Researchers from the Massachusetts Institute of Technology (MIT) have introduced Style2Fab, a generative AI tool that allows users to easily add custom design elements to 3D models without affecting their functionality.
With Style2Fab, designers can quickly customise models of 3D-printable objects, such as assistive devices, without hampering their functionality, the research team said in a news release.
Unlike traditional methods that require complex computer-aided design (CAD) software, Style2Fab lets users describe their design preferences using natural language prompts.
The AI, Text2Mesh, interprets these descriptions and applies changes to the aesthetic segments of the model while preserving functionality.

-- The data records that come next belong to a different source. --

//! The facts of each block.
ghost use Rattle.std.specs.Prelude.{◌≡◌, [], ℕ, false, map, get_or, IfOk};
ghost use Rattle.herm_types.specs.View.{fact_view};
ghost use Rattle.herm_fronts.specs.Forms.{form_seen};
ghost use Rattle.herm_fronts.specs.Frames.{table_of, variables_of};
ghost use Rattle.herm_blocks.specs.CheckedProcesses.{held_lists};
ghost use Rattle.herm_blocks.specs.Seen.{ways_view, marked_block};
ghost use Rattle.herm_blocks.specs.Scopes.{list_at, facts_by, block_with, settled_by};

use crate::block::Block;
use crate::handed::handed_unless;
use crate::onward::is_for;
use crate::ways::Ways;
use herm_fronts::frame::Frame;
use herm_fronts::held::held_facts;
use herm_typed::TypedForm;
use herm_types::Fact;
use herm_typestate::State;
use std::alloc::{AllocError, Global};

/// The facts of the label of the node at a place.
fn label_at(
    alloc: Global,
    frame: &Frame<'_>,
    states: &[State],
    place: usize,
) -> Result<Vec<Fact>, AllocError>
    ensures { IfOk result (λ v. map fact_view v.items ≡ list_at (held_lists (table_of frame.now) (variables_of frame.now) states.now) place) }
{
    match states.get(place) {
        Some(state) => {
            let facts = held_facts(alloc, frame, state)?;
            Ok(facts)
        }
        None => Ok(Vec::new(alloc)),
    }
}

/// The facts of the block of a node at a place: those of its label where an edge leads to it and at a `for`, at any other what is handed on.
fn facts_at(
    alloc: Global,
    frame: &Frame<'_>,
    states: &[State],
    led: bool,
    form: &TypedForm,
    place: usize,
    handed: Vec<Fact>,
) -> Result<Vec<Fact>, AllocError>
    ensures { IfOk result (λ v. map fact_view v.items ≡ facts_by led (form_seen form.now) (list_at (held_lists (table_of frame.now) (variables_of frame.now) states.now) place) (map fact_view handed.items)) }
{
    if led || is_for(form) {
        let facts = label_at(alloc, frame, states, place)?;
        return Ok(facts);
    }
    Ok(handed)
}

/// Whether the block at a place is marked.
fn is_led(led: &[bool], place: usize) -> bool
    ensures { result ≡ get_or led.now place false }
{
    match led.get(place) {
        Some(led) => *led,
        None => false,
    }
}

/// The block of a node that has these facts.
fn block_with<'a>(ways: Ways<'a>, facts: Vec<Fact>) -> Block<'a>
    ensures { marked_block result ≡ block_with (ways_view ways.entry) (map fact_view facts.items) }
{
    Block {
        statement: ways.node.point.stmt.0,
        form: ways.node.form,
        facts,
        slots: ways.slots,
        onward: ways.onward,
        departures: ways.departures,
    }
}

/// Blocks with settled facts.
pub fn settle<'a>(
    alloc: Global,
    frame: &Frame<'_>,
    states: &[State],
    led: &[bool],
    ways: Vec<Ways<'a>>,
) -> Result<Vec<Block<'a>>, AllocError>
    ensures { IfOk result (λ v. map marked_block v.items ≡ settled_by (λ i. get_or led.now i false) (held_lists (table_of frame.now) (variables_of frame.now) states.now) 0 [] (map ways_view ways.entry.items)) }
{
    let mut found = Vec::with_capacity(alloc, ways.len())?;
    let mut handed = Vec::new(alloc);
    'ways: for way in ways {
        let place = found.len();
        let node = way.node;
        let facts = facts_at(
            alloc,
            frame,
            states,
            is_led(led, place),
            node.form,
            place,
            handed,
        )?;
        let next = is_led(led, place + 1);
        handed = handed_unless(alloc, next, node.point.edges.as_slice(), facts.as_slice())?;
        found.push(block_with(way, facts))?;
    }
    Ok(found)
}
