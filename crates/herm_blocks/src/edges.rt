//! The edges of a node: what each drops, which loops it leaves, and where it arrives.
ghost use Rattle.std.specs.Prelude.{◌≡◌, ◌++◌, map, nat_eq, IfOk};
ghost use Rattle.herm_model.specs.Lists.{any_pass};
ghost use Rattle.herm_types.specs.View.{path_view};
ghost use Rattle.herm_translated.specs.CodeBlocks.{first_list, further_lists};
ghost use Rattle.herm_flow.specs.View.{edge_view};
ghost use Rattle.herm_fronts.specs.Blocks.{arrival_view, marked_view};
ghost use Rattle.herm_blocks.specs.Views.{slots_view};
ghost use Rattle.herm_blocks.specs.Seen.{drops_view, exit_view};
ghost use Rattle.herm_blocks.specs.Scopes.{is_inside_by, number_by, left_by, arrives_by, marked_by, departures_by};

use crate::lengths::is_within;
use herm_base::TypeNo;
use herm_flow::{Edge, Target};
use herm_fronts::departures::{Arrival, Departure};
use herm_typed::Outcome;
use herm_types::{Fact, Path};
use std::alloc::{AllocError, Global};

/// Of each node its statement's number, and the lengths of loops by their numbers.
#[derive(Clone, Copy)]
pub struct Scope<'a> {
    pub numbers: &'a [u32],
    pub lengths: &'a [u32],
}

/// An outcome, with what it makes and takes away, and where it leads.
#[derive(Clone, Copy)]
pub struct Exit<'a> {
    pub outcome: Outcome,
    pub makes: &'a [Fact],
    pub kills: &'a [Path],
    pub to: Target,
}

/// Whether a node is inside the loop with a number.
fn is_inside(scope: &Scope<'_>, node: usize, of: u32) -> bool
    ensures { result ≡ is_inside_by scope.now.numbers.now scope.now.lengths.now node of }
{
    match scope.numbers.get(node) {
        Some(number) => is_within(scope.lengths, *number, of),
        None => false,
    }
}

/// The number of a node's statement.
fn number_at(scope: &Scope<'_>, node: usize) -> u32
    ensures { result ≡ number_by scope.now.numbers.now node }
{
    match scope.numbers.get(node) {
        Some(number) => *number,
        None => 0,
    }
}

/// Whether a slot is that of the loop with a number.
fn has_slot(slots: &[(u32, TypeNo)], number: u32) -> bool
    ensures { result ≡ any_pass (λ s. nat_eq s.number number) (slots_view slots.now) }
{
    'slots: for slot in slots {
        if slot.0 == number {
            return true;
        }
    }
    false
}

/// Where an edge to a node arrives: a `for` whose slot is there goes on with its second step.
fn arrival_at(scope: &Scope<'_>, slots: &[(u32, TypeNo)], node: u32) -> Arrival
    ensures { arrival_view result ≡ arrives_by scope.now.numbers.now scope.now.lengths.now (slots_view slots.now) node }
{
    if has_slot(slots, number_at(scope, node as usize)) {
        return Arrival::SecondStep(node);
    }
    Arrival::Block(node)
}

/// The slots of the loops that an edge to a node leaves.
fn slots_left(
    alloc: Global,
    scope: &Scope<'_>,
    slots: &[(u32, TypeNo)],
    node: u32,
) -> Result<Vec<u32>, AllocError>
    ensures { IfOk result (λ v. v.items ≡ left_by scope.now.numbers.now scope.now.lengths.now (slots_view slots.now) node) }
{
    let mut found = Vec::new(alloc);
    'slots: for slot in slots {
        if !is_inside(scope, node as usize, slot.0) {
            found.push(slot.0)?;
        }
    }
    Ok(found)
}

/// An edge, where there are these slots; at an end nothing is left to drop.
pub fn departure<'a>(
    alloc: Global,
    scope: &Scope<'_>,
    slots: &[(u32, TypeNo)],
    exit: Exit<'a>,
    drops: &'a [Path],
) -> Result<Departure<'a>, AllocError>
    ensures { IfOk result (λ d. marked_view d ≡ marked_by scope.now.numbers.now scope.now.lengths.now (slots_view slots.now) (exit_view exit.entry) (map path_view drops.now)) }
{
    match exit.to {
        Target::Point(node) => {
            let left = slots_left(alloc, scope, slots, node)?;
            let arrival = arrival_at(scope, slots, node);
            Ok(Departure {
                outcome: exit.outcome,
                makes: exit.makes,
                kills: exit.kills,
                drops,
                slots: left,
                arrival,
            })
        }
        Target::End => Ok(Departure {
            outcome: exit.outcome,
            makes: exit.makes,
            kills: exit.kills,
            drops: &[],
            slots: Vec::new(alloc),
            arrival: Arrival::End,
        }),
        Target::EndBy(e) => Ok(Departure {
            outcome: exit.outcome,
            makes: exit.makes,
            kills: exit.kills,
            drops: &[],
            slots: Vec::new(alloc),
            arrival: Arrival::EndBy(e),
        }),
    }
}

/// What is dropped on the first of some edges.
fn first_drops(drops: &[Vec<Path>]) -> &[Path]
    ensures { map path_view result.now ≡ first_list (drops_view drops.now) }
{
    match drops {
        [] => &[],
        [first, ..] => first.as_slice(),
    }
}

/// What is dropped on the others.
fn further_drops(drops: &[Vec<Path>]) -> &[Vec<Path>]
    ensures { drops_view result.now ≡ further_lists (drops_view drops.now) }
{
    match drops {
        [] => &[],
        [_, rest @ ..] => rest,
    }
}

/// An edge of a flow.
fn exit_of<'a>(edge: &'a Edge) -> Exit<'a>
    ensures { exit_view result ≡ edge_view edge.now }
{
    Exit {
        outcome: edge.outcome,
        makes: edge.makes(),
        kills: edge.kills(),
        to: edge.to,
    }
}

/// The edges of a node, each with what it drops.
pub fn departures<'a>(
    alloc: Global,
    scope: &Scope<'_>,
    slots: &[(u32, TypeNo)],
    edges: &'a [Edge],
    drops: &'a [Vec<Path>],
) -> Result<Vec<Departure<'a>>, AllocError>
    ensures { IfOk result (λ v. map marked_view v.items ≡ departures_by scope.now.numbers.now scope.now.lengths.now (slots_view slots.now) (map edge_view edges.now) (drops_view drops.now)) }
{
    let mut found = Vec::with_capacity(alloc, edges.len())?;
    let mut left = drops;
    'edges: for edge in edges {
        let first = first_drops(left);
        found.push(departure(alloc, scope, slots, exit_of(edge), first)?)?;
        left = further_drops(left);
    }
    Ok(found)
}
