// Ages of bindings, for rules with a time limit: definitions in specs/, laws in proofs/. No code: the crates above cite both.
#![tactic(auto)]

In particular, researchers said Style2Fab uses machine learning to analyse the model’s topology, tracking changes in geometry such as curves or angles.

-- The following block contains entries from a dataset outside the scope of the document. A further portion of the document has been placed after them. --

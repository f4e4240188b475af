// Supply lost in the middle of a push program (document 02, request (e)): theorems alone, about the machine of `plain_machine` and the call of
// `take_over`. One statement over any machine (specs/Cuts), proved of ours for every list of cuts (proofs/Repairs), on laws over any gap and ranks
// (proofs/Cuts); which calls write the same target again (proofs/Again), machines that the statement refutes (proofs/Refuted), worked cases (proofs/Bench).
#![tactic(auto)]
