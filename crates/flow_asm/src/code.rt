//! The numbered steps of a flow.

ghost use Rattle.std.specs.Prelude.{◌≡◌, IfOk};

use flow_model::Part;
use std::alloc::{AllocError, Global};
use std::marker::Model;
use sw_participant::{Sequence, Text};

/// One step. Participants are numbered by first appearance in the flow.
#[derive(Clone, Copy)]
pub enum Step {
    /// The participant of this number is prepared: an entry of a group.
    Call(usize),
    /// The selector of this number, which the step before calls, selects groups.
    Pick(usize),
    /// The end of a group.
    Return,
}

/// A group of the flow.
pub struct GroupStart {
    pub name: Text,
    /// The number of the group's first step: the call of its first entry, or its `Return` if it has no
    /// entry.
    pub first: usize,
}

// Written out, so that no caller proves again how its parts are dropped.
impl Drop for GroupStart {
    fn drop(self) {
        let GroupStart { name: _, first: _ } = self;
    }
}

/// The steps of a checked flow, numbered from 0: for each group in the flow's order, a `Call` for
/// each entry, with a `Pick` after the `Call` of a selector, and a `Return` at the end. At most
/// 33,024 steps. Contracts see the flow.
pub struct Code {
    pub(crate) retries: u8,
    pub(crate) parts: Sequence<Part>,
    pub(crate) starts: Sequence<GroupStart>,
    pub(crate) steps: Sequence<Step>,
}

// Written out, so that no caller proves again how its parts are dropped.
impl Drop for Code {
    fn drop(self) {
        let Code {
            retries: _,
            parts: _,
            starts: _,
            steps: _,
        } = self;
    }
}

impl Model for Code {
    ghost use Rattle.flow_model.specs.declared.flow.Flow.{Flow};

    ghost Value = { Flow };

    ghost use Rattle.flow_asm.specs.Listing.{listed, IsAssembly};

    ghost view = { listed };

    ghost invariant = { IsAssembly };
}

fn copy_parts(alloc: Global, parts: &[Part]) -> Result<Vec<Part>, AllocError>
    ensures { IfOk result (λ copy. copy.items ≡ parts.now) }
{
    let mut copy = Vec::new(alloc);
    for part in parts {
        let name = part.name.copy()?;
        copy.push(Part {
            name,
            kind: part.kind,
        })?;
    }
    Ok(copy)
}

fn copy_starts(alloc: Global, starts: &[GroupStart]) -> Result<Vec<GroupStart>, AllocError>
    ensures { IfOk result (λ copy. copy.items ≡ starts.now) }
{
    let mut copy = Vec::new(alloc);
    for start in starts {
        let name = start.name.copy()?;
        copy.push(GroupStart {
            name,
            first: start.first,
        })?;
    }
    Ok(copy)
}

impl Code {
    ghost use Rattle.std.specs.Prelude.{◌≡◌, ◌≤◌, length, IfOk};
    ghost use Rattle.flow_model.specs.Check.{IsChecked};
    ghost use Rattle.flow_model.specs.Places.{parts_of};
    ghost use Rattle.flow_asm.specs.Steps.{starts_of, steps_of};

    /// How often a transaction that aborts with RETRY is tried again; at most 100.
    pub fn retries(&self) -> u8
        ensures retries { result ≡ self.now.retries }
        ensures checked { IsChecked self.now }
    {
        self.retries
    }

    /// States that the code is of a checked flow, for the proofs of its callers. It does nothing.
    pub fn is_checked(&self)
        ensures { IsChecked self.now }
    {
        let _ = self.retries();
    }

    /// The participants, each at its number.
    pub fn participants(&self) -> &[Part]
        ensures participants { result.now ≡ parts_of self.now }
        ensures few { length result.now ≤ 16384 }
    {
        self.parts.as_slice()
    }

    /// The groups in the flow's order, each with its first step.
    pub fn groups(&self) -> &[GroupStart]
        ensures { result.now ≡ starts_of self.now }
    {
        self.starts.as_slice()
    }

    /// The steps.
    pub fn steps(&self) -> &[Step]
        ensures { result.now ≡ steps_of self.now }
    {
        self.steps.as_slice()
    }

    /// A copy of the steps. The only refusal is out of memory.
    pub fn copy(&self, alloc: Global) -> Result<Code, AllocError>
        ensures { IfOk result (λ copy. copy ≡ self.now) }
    {
        let parts = copy_parts(alloc, self.parts.as_slice())?;
        let starts = copy_starts(alloc, self.starts.as_slice())?;
        let steps = Vec::from_slice(alloc, self.steps.as_slice())?;
        Ok(Code {
            retries: self.retries,
            parts: Sequence::new(parts),
            starts: Sequence::new(starts),
            steps: Sequence::new(steps),
        })
    }
}
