//! The participants of a flow and their numbers, found by name.

ghost use Rattle.std.specs.Prelude.{◌≡◌, OnOk};
ghost use Rattle.flow_model.specs.Places.{add_new, entries_of, number_in, parts_from};
ghost use Rattle.flow_asm.specs.Numbering.{IsNumbering};

use flow_model::{Entry, Group, Part};
use std::alloc::AllocError;
use std::collections::BTreeMap;

/// The number of the participant of this name, or how many participants there are.
pub fn number_of(parts: &[Part], numbers: &BTreeMap<&str, usize>, name: &str) -> usize
    requires { IsNumbering parts.now numbers.now }
    ensures { result ≡ number_in parts.now name.now }
{
    match numbers.get(name) {
        Some(number) => *number,
        None => parts.len(),
    }
}

fn number_entry<'a>(
    parts: &mut Vec<Part>,
    numbers: &mut BTreeMap<&'a str, usize>,
    entry: &'a Entry,
) -> Result<(), AllocError>
    requires { IsNumbering parts.old.items numbers.old }
    ensures parts { OnOk result (parts.new.items ≡ add_new parts.old.items entry.now) }
    ensures numbers { OnOk result (IsNumbering parts.new.items numbers.new) }
{
    let name = entry.participant.as_str();
    if numbers.contains_key(name) {
        return Ok(());
    }
    let kept = entry.participant.copy()?;
    numbers.insert(name, parts.len())?;
    parts.push(Part {
        name: kept,
        kind: entry.kind,
    })?;
    Ok(())
}

fn number_entries<'a>(
    parts: &mut Vec<Part>,
    numbers: &mut BTreeMap<&'a str, usize>,
    entries: &'a [Entry],
) -> Result<(), AllocError>
    requires { IsNumbering parts.old.items numbers.old }
    ensures parts { OnOk result (parts.new.items ≡ parts_from parts.old.items entries.now) }
    ensures numbers { OnOk result (IsNumbering parts.new.items numbers.new) }
{
    for entry in entries {
        number_entry(parts, numbers, entry)?;
    }
    Ok(())
}

/// Numbers the participants of the groups after those that have a number, in the order of first
/// appearance.
pub fn number_groups<'a>(
    parts: &mut Vec<Part>,
    numbers: &mut BTreeMap<&'a str, usize>,
    groups: &'a [Group],
) -> Result<(), AllocError>
    requires { IsNumbering parts.old.items numbers.old }
    ensures parts { OnOk result (parts.new.items
        ≡ parts_from parts.old.items (entries_of groups.now)) }
    ensures numbers { OnOk result (IsNumbering parts.new.items numbers.new) }
{
    for group in groups {
        number_entries(parts, numbers, group.entries.as_slice())?;
    }
    Ok(())
}
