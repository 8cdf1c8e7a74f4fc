//! What a step is, and the look-up of a group by its name.

ghost use Rattle.std.specs.Prelude.{◌≡◌, ◌<◌, ◌≤◌, [], length, IfSome, IfNone, Some, false, slice_get};
ghost use Rattle.std.specs.Option.{option_map};
ghost use Rattle.flow_model.specs.Check.{is_named};
ghost use Rattle.flow_model.specs.Places.{entries_named};
ghost use Rattle.flow_asm.specs.Steps.{layout, stages, starts_of};
ghost use Rattle.flow_asm.specs.Places.{group_at};
ghost use Rattle.flow_asm.specs.Views.{IsStepView};

use crate::code::{Code, Step};
use sw_participant::Kind;

/// What a step is.
#[derive(Clone, Copy)]
pub enum StepView {
    /// The participant of this number is prepared; it has these marks.
    Call(usize, Kind),
    /// The selector of this number selects groups.
    Pick(usize),
    /// The end of a group.
    Return,
}

impl Code {
    /// What a step of the code is.
    pub fn look(&self, step: usize) -> StepView
        requires { step < length (stages self.now) }
        ensures view { IsStepView self.now step result }
        ensures small { length (stages self.now) ≤ 33024 }
    {
        self.is_checked();
        match self.steps()[step] {
            Step::Call(participant) => {
                let part = &self.participants()[participant];
                StepView::Call(participant, part.kind)
            }
            Step::Pick(participant) => StepView::Pick(participant),
            Step::Return => StepView::Return,
        }
    }

    /// The number of the group of this name, in the order of [`Code::groups`]; `None` if the flow has no
    /// such group.
    pub fn find_group(&self, name: &[u8]) -> Option<usize>
        ensures within { IfSome result (λ g. g < length (layout self.now)) }
        ensures named { IfSome result
            (λ g. option_map (λ s. s.name) (slice_get (starts_of self.now) g) ≡ Some name.now) }
        ensures found { IfSome result (λ g. entries_named self.now name.now
            ≡ group_at (layout self.now) g) }
        ensures none { IfNone result (entries_named self.now name.now ≡ []) }
        ensures unknown { IfNone result (is_named name.now self.now.groups ≡ false) }
    {
        for (number, group) in self.groups().iter().enumerate() {
            if group.name.as_str().as_bytes() == name {
                return Some(number);
            }
        }
        None
    }
}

It then divides the model into segments, comparing them to a dataset of 294 annotated 3D models to classify segments as functional or aesthetic.

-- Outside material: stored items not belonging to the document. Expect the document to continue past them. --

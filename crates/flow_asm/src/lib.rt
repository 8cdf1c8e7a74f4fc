//! Flows as numbered steps: what a transaction machine runs and an image writes down.
//!
//! # What is proved
//!
//! A `Code` is always the assembly of a checked flow, and contracts see it as that flow. `assemble`
//! gives the code of its flow and `list` the flow of a code, so listing what was assembled gives the
//! flow back. `steps`, `groups`, `participants` and `retries` are the flow's. `look` gives what is at a
//! step, `find_group` the group of a name, `place` the place of the entry that a step calls or picks,
//! `step_at` the step that calls an entry; the last two agree. `copy` gives the same code.
//!
//! # Decisions
//!
//! - **The call of an entry is defined by counting the steps before it**, not by looking for a step at
//!   its place.
//! - **`assemble` numbers participants through a map**, with the meaning of `flow_model`'s scans.
//! - **`place` finds the group by its first step, then walks that group's steps**: at most 256 groups
//!   and 513 steps. Alternative: a walk from step 0.
#![tactic(auto)]

mod assembly;
mod code;
mod listing;
mod numbering;
mod places;
mod view;

pub use assembly::assemble;
pub use code::{Code, GroupStart, Step};
pub use listing::{add_entry, list};
pub use places::{place, step_at};
pub use view::StepView;
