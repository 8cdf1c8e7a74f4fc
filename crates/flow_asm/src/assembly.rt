//! From a flow to its steps.

ghost use Rattle.std.specs.Prelude.{◌≡◌, ◌++◌, IfOk, OnOk};
ghost use Rattle.flow_model.specs.Check.{IsChecked};
ghost use Rattle.flow_model.specs.Places.{parts_of};
ghost use Rattle.flow_asm.specs.Emit.{entry_steps, group_steps};
ghost use Rattle.flow_asm.specs.Numbering.{IsNumbering};
ghost use Rattle.flow_asm.specs.Steps.{starts_of, steps_of};

use crate::code::{Code, GroupStart, Step};
use crate::numbering::{number_groups, number_of};
use flow_model::{Entry, Flow, Group, Part};
use std::alloc::{AllocError, Global};
use std::collections::BTreeMap;
use sw_participant::Sequence;

fn emit_entry(
    steps: &mut Vec<Step>,
    parts: &[Part],
    numbers: &BTreeMap<&str, usize>,
    entry: &Entry,
) -> Result<(), AllocError>
    requires { IsNumbering parts.now numbers.now }
    ensures { OnOk result (steps.new.items ≡ steps.old.items ++ entry_steps parts.now entry.now) }
{
    let number = number_of(parts, numbers, entry.participant.as_str());
    steps.push(Step::Call(number))?;
    if entry.kind.selector {
        steps.push(Step::Pick(number))?;
    }
    Ok(())
}

fn emit_group(
    steps: &mut Vec<Step>,
    parts: &[Part],
    numbers: &BTreeMap<&str, usize>,
    group: &Group,
) -> Result<(), AllocError>
    requires { IsNumbering parts.now numbers.now }
    ensures { OnOk result (steps.new.items ≡ steps.old.items ++ group_steps parts.now group.now) }
{
    for entry in group.entries.as_slice() {
        emit_entry(steps, parts, numbers, entry)?;
    }
    steps.push(Step::Return)?;
    Ok(())
}

// The steps of a flow, with the groups' first steps.
#[derive(Drop)]
struct Layout {
    starts: Vec<GroupStart>,
    steps: Vec<Step>,
}

fn lay_out(
    alloc: Global,
    parts: &[Part],
    numbers: &BTreeMap<&str, usize>,
    flow: &Flow,
) -> Result<Layout, AllocError>
    requires parts { parts.now ≡ parts_of flow.now }
    requires numbers { IsNumbering parts.now numbers.now }
    ensures starts { IfOk result (λ laid. laid.starts.items ≡ starts_of flow.now) }
    ensures steps { IfOk result (λ laid. laid.steps.items ≡ steps_of flow.now) }
{
    let mut starts = Vec::new(alloc);
    let mut steps = Vec::new(alloc);
    for group in flow.groups.as_slice() {
        let name = group.name.copy()?;
        starts.push(GroupStart {
            name,
            first: steps.len(),
        })?;
        emit_group(&mut steps, parts, numbers, group)?;
    }
    Ok(Layout { starts, steps })
}

/// The steps of a checked flow. The only refusal is out of memory.
pub fn assemble(alloc: Global, flow: &Flow) -> Result<Code, AllocError>
    requires { IsChecked flow.now }
    ensures { IfOk result (λ code. code ≡ flow.now) }
{
    let mut parts = Vec::new(alloc);
    let mut numbers = BTreeMap::new(alloc);
    number_groups(&mut parts, &mut numbers, flow.groups.as_slice())?;
    let laid = lay_out(alloc, parts.as_slice(), &numbers, flow)?;
    Ok(Code {
        retries: flow.retries,
        parts: Sequence::new(parts),
        starts: Sequence::new(laid.starts),
        steps: Sequence::new(laid.steps),
    })
}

“Style2Fab would make it very easy to stylise and print a 3D model, but also experiment and learn while doing it,” said Faraz Faruqi, a computer science graduate student and lead author of a paper introducing Style2Fab.
Additionally, researchers ran a study with makers with varying degrees of 3D modelling skill and discovered that Style2Fab was useful in varied ways depending on a maker’s expertise.
The interface was simple enough for novice users to grasp and utilise to stylise designs, but it also provided a fertile ground for experimentation with a low barrier to entry, the team said.
Researchers said they plan to keep working on fine-tuning the algorithm for more accurate shapes and creating fresh 3D models from scratch.
They are also excited about the potential applications in the medical field, where healthcare professionals and patients with limited experience with 3D printing may quickly make objects like splints or casts with the assistance of an AI program.
Faruqi collaborated with his advisor, co-senior author Stefanie Mueller, an associate professor in the MIT departments of Electrical Engineering and Computer Science and Mechanical Engineering, and a member of the Computer Science and Artificial Intelligence Laboratory (CSAIL) who leads the HCI Engineering Group; co-senior author Megan Hofmann, assistant professor at the Khoury College of Computer Sciences at Northeastern University; as well as other members and former members of the group.
Their findings will be presented at the ACM Symposium on User Interface Software and Technology.